* _ABOUT THIS TASK_
Answer with a number only, stating how many lines of the records hold the word "WordsRead".

* _SUPPLIED DATA_

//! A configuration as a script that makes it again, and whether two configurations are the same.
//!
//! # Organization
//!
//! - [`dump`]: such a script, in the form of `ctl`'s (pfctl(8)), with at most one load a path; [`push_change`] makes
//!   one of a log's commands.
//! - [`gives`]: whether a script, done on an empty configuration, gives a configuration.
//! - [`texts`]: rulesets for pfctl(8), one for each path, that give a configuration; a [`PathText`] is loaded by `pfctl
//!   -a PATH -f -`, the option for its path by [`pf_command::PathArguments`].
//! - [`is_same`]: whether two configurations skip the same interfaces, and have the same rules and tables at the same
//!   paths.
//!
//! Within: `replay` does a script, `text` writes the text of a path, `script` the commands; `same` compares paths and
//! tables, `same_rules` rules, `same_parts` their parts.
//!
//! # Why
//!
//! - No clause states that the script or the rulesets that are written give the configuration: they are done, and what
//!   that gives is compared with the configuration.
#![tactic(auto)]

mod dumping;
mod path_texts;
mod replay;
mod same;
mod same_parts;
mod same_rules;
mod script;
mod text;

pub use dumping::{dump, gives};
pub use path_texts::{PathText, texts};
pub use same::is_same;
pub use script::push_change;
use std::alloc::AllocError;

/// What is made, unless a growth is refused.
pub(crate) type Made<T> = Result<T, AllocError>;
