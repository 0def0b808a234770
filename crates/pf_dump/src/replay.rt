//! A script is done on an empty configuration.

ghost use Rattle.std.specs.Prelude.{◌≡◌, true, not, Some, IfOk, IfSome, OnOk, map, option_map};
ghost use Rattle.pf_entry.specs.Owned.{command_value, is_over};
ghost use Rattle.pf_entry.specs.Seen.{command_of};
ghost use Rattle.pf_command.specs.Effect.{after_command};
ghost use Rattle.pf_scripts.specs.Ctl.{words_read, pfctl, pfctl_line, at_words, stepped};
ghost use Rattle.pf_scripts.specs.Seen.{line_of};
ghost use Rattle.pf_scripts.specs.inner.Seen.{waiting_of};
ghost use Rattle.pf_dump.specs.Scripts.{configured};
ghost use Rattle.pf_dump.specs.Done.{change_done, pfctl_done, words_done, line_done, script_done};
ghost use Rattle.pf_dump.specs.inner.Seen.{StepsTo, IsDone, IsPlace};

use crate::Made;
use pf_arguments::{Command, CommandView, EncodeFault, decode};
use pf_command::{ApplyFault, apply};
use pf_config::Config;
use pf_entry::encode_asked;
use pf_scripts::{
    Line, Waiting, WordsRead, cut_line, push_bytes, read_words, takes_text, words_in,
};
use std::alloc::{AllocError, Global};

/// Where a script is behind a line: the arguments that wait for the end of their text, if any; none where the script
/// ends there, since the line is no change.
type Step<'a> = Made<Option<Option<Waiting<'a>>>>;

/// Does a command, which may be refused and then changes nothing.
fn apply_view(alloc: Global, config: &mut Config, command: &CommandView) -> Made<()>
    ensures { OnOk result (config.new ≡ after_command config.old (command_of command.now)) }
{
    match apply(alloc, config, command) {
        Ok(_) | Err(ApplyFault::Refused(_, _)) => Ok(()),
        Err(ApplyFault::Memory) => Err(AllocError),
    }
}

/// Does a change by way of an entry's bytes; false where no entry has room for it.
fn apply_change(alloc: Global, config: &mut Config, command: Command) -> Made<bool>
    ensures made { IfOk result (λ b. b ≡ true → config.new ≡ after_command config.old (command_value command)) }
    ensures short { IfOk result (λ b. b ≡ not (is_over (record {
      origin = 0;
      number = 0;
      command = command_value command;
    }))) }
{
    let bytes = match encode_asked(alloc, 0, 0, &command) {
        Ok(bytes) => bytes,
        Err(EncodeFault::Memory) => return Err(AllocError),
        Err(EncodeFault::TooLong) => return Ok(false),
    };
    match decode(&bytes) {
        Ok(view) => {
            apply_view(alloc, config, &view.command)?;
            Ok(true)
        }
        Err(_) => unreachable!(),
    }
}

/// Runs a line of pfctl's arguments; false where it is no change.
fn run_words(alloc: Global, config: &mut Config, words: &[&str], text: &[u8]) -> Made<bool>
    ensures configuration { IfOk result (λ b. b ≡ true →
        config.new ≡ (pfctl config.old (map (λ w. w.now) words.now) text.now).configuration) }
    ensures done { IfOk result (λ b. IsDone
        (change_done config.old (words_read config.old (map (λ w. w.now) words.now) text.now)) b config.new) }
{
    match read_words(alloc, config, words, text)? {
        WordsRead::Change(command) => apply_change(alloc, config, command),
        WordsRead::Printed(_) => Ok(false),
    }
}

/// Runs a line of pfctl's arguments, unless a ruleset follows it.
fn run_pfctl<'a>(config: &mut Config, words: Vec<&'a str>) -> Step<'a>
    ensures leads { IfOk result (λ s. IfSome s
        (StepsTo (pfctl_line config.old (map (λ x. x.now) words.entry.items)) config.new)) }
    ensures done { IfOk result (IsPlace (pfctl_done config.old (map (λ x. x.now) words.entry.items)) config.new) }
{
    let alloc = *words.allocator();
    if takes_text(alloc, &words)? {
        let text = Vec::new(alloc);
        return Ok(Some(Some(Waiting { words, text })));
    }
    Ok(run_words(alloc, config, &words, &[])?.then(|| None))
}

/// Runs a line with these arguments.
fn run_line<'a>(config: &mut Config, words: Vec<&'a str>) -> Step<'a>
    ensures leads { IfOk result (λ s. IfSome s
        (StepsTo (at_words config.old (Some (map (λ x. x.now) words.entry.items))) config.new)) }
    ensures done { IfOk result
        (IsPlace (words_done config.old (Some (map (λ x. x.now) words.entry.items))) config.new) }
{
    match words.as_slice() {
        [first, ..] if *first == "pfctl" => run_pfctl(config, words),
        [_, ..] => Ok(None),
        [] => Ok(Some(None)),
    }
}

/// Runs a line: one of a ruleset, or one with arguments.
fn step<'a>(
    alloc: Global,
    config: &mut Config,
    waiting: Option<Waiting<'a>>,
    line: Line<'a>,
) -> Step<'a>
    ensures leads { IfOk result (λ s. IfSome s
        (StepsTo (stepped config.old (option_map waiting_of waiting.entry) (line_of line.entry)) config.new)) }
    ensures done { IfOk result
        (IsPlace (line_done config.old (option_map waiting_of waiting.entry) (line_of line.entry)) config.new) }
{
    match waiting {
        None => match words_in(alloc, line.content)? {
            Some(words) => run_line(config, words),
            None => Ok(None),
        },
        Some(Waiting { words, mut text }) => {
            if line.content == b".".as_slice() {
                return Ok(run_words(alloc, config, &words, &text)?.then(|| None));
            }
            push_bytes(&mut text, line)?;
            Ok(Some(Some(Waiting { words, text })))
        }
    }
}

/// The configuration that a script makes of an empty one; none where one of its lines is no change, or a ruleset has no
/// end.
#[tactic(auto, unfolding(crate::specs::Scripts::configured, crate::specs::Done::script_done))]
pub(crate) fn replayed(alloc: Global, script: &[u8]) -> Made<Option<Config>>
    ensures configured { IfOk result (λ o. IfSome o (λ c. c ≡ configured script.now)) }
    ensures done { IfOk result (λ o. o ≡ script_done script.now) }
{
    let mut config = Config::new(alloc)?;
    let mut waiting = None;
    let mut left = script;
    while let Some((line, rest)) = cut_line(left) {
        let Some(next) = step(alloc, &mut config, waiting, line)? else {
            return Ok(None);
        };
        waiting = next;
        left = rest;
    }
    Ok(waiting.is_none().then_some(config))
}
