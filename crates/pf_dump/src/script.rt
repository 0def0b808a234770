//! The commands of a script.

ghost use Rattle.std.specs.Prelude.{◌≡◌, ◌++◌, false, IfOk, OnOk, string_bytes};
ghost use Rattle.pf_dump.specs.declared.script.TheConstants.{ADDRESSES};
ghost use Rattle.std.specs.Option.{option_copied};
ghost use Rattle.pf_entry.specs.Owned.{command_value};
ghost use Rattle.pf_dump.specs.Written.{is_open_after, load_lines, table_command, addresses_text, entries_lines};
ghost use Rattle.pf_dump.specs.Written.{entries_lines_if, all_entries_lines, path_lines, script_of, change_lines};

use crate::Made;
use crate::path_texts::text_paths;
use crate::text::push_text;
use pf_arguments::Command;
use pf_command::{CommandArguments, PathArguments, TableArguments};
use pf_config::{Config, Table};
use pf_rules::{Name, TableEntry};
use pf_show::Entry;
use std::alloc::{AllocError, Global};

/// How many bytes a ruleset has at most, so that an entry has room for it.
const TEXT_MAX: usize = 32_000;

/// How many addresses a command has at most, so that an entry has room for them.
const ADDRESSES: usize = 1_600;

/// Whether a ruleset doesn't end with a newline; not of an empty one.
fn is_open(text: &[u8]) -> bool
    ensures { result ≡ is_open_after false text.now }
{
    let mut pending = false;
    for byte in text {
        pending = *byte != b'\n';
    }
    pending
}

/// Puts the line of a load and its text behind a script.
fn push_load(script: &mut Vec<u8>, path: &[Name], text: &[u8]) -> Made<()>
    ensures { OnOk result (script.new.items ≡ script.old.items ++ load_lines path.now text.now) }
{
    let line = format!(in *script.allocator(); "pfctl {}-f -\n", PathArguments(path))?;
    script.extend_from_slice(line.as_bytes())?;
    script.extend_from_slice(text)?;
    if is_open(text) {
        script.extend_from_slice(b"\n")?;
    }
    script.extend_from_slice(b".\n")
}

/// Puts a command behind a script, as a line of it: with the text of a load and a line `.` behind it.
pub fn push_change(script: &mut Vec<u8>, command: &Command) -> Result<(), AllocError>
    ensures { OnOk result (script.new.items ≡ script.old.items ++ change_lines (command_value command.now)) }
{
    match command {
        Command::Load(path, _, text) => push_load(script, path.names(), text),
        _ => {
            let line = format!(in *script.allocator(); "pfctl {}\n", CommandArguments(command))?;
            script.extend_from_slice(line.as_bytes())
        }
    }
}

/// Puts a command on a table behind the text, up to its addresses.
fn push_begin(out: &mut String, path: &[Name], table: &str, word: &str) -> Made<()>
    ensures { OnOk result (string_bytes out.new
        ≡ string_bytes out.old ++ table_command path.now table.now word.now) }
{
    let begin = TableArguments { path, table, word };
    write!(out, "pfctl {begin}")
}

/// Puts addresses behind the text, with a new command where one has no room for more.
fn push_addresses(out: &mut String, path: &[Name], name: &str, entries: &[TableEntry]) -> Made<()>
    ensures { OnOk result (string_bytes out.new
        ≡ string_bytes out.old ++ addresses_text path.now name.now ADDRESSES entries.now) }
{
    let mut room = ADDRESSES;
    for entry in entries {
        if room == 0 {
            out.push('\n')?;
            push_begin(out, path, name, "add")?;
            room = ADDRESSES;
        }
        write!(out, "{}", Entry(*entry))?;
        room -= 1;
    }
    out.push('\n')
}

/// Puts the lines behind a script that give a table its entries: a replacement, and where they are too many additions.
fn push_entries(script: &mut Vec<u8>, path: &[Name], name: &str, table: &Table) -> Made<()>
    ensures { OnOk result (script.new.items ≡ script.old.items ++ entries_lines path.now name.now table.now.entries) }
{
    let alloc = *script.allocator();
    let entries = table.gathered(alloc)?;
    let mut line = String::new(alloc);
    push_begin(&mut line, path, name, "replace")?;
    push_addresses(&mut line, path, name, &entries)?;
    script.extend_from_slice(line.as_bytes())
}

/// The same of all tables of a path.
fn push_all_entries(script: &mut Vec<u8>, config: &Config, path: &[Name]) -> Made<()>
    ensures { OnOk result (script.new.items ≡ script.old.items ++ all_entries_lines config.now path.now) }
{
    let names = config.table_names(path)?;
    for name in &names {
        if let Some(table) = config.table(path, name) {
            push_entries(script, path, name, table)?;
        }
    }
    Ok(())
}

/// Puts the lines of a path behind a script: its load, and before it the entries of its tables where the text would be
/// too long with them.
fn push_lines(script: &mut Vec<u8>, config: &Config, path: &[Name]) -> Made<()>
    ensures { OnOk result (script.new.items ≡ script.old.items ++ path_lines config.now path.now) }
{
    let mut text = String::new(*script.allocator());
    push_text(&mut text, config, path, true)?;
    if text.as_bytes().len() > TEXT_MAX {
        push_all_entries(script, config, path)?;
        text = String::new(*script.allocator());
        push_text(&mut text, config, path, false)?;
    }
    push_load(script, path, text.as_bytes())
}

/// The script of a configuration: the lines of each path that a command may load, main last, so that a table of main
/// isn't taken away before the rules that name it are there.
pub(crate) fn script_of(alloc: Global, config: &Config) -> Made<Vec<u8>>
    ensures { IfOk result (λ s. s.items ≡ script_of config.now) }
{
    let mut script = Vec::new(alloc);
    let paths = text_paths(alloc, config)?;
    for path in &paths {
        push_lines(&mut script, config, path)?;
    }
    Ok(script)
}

* _ANSWER FOR THIS EXERCISE_
3